Once the baby is born, the Baby Olympics commence. When did he or she roll over? Smile? Sit up? Sleep through the night? Crawl? Walk? Run? Of course, when and how he did all of this is clearly a reflection on you, the mother, rather than just his natural course of development.

What you put into your baby is suddenly completely open for public scrutiny. Not having breast-fed my children, I was tempted to carry a sign stating, “Breast is best but I’m using formula. You win.” It never ceased to amaze me the way complete strangers thought they had any right to tell me what to do with my own baby. “You’re just not trying hard enough,” I heard from friends and family, when they had no idea the number of hours I spent agonizing over my lack of milk production. One even had the balls to tell me I was basically feeding my baby airplane fuel. I still can’t figure out how she got there.

When the kids were old enough for solids, the sign could have been altered for organic, free-range, unprocessed foods. Sure, that stuff is best for
all
of us, but a Goldfish cracker certainly never killed anyone. Making all of my own food from scratch, however, just might kill me. McDonald’s once in a while isn’t going to forever clog their intestines, and a few nights of too much candy around Halloween will leave no permanent scars. So, why say anything when I give my kid a sandwich on—gasp—white bread? Yours can have his lean turkey and veggies on double whole wheat and mine can have his peanut
butter and jelly. They’re both fed and happy and we’ve done our jobs.

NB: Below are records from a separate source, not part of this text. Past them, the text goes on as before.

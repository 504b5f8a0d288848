// A snapshot that stands in rows that were committed.
ghost use Rattle.std.specs.Prelude.{◌≡◌, IsTrue, true};
ghost use Rattle.stored_cell.specs.Noted.{IsStored, StandsAmong};

use crate::notes::Note;
use marks::{Mark, Naming};
use std::marker::Model;

/// The proof that a snapshot stands in rows that were committed. It keeps the mark that the snapshot had.
/// Contracts see the snapshot and the rows.
pub struct Kept<J: Naming> {
    mark: Mark<Note, J>,
    rows: Mark<Note, J>,
}

impl<J: Naming> Drop for Kept<J> {
    fn drop(self) {
        let Kept { mark: _, rows: _ } = self;
    }
}

impl<J: Naming> Model for Kept<J> {
    ghost use Rattle.std.specs.Coded.{codes};
    ghost use Rattle.delivery_machine.specs.Codes.{coded_places, coded_counts};
    ghost use Rattle.stored_cell.specs.Noted.{Noted, IsStored};

    ghost Value = { Noted };

    ghost coded = { Prim.hlevel (codes, coded_places, coded_counts) };

    ghost view = { λ k. record { kept = k.mark.kept; rows = k.rows.rows; clean = k.rows.clean } };

    ghost invariant = { λ k. IsStored (record { kept = k.mark.kept; rows = k.rows.rows; clean = k.rows.clean }) };
}

impl<J: Naming> Kept<J> {
    /// The snapshot of the first mark stands in the rows of the second, over a clean disk.
    pub fn new(mark: Mark<Note, J>, rows: Mark<Note, J>) -> Kept<J>
        requires { rows.clean ≡ true → StandsAmong mark.kept rows.rows }
        ensures { result ≡ record { kept = mark.kept; rows = rows.rows; clean = rows.clean } }
    {
        Kept { mark, rows }
    }

    /// What its type keeps: the snapshot stands in the rows, over a clean disk.
    pub fn stands(&self)
        ensures { IsStored self.now }
    {
        let _ = &self.mark;
    }

    /// The mark that the snapshot had.
    pub fn mark(&self) -> Mark<Note, J>
        ensures { result.kept ≡ self.now.kept }
    {
        self.mark.again()
    }

    /// Whether the snapshot had this mark. Then it is the mark's snapshot.
    pub fn is(&self, mark: &Mark<Note, J>) -> bool
        ensures { IsTrue result → self.now.kept ≡ mark.now.kept }
    {
        self.mark.is(mark)
    }
}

The decision about returning to work is another one that’s always sure to ignite competition. Personally, I feel like I’ve hit the jackpot being able to work from home on my own schedule and still spend afternoons with my children. I tried being solely at home with the kids and was unfulfilled and depressed. Working full-time from home was an even less desirable situation, leaving me downright miserable, and the mere thought of going back to an office right now makes me want to cry. So I’m home, working on and off throughout the day and night, while taking care of the kids. It’s the solution I’ve found that works for me, but that doesn’t mean it will or should work for anyone else. The stay-at-home mom versus working mom is one of the most fiercely debated issues, each side convinced that they are choosing the right way. The thing is, there’s no right way for everyone. Do what’s right for you. Period.

But I do get it. Deeming someone else a bad mother
can,
indeed, make you feel like a better one yourself. It’s not right, it’s not productive, and it’s not beneficial, but it seems to be the way we’re built. Shouldn’t we be secure enough in our own parenting, though, that comparing ourselves to others becomes obsolete? There are moments when I am an exceptional mother and moments when I am a complete and utter failure, all in the span of a few minutes. While I certainly would prefer to be caught only in those moments of goodness, I’ll also admit to the others. I wasn’t a perfect person before I had kids and I’m certainly not a perfect person now that I have them. Neither are you. (But don’t worry, I won’t tell.)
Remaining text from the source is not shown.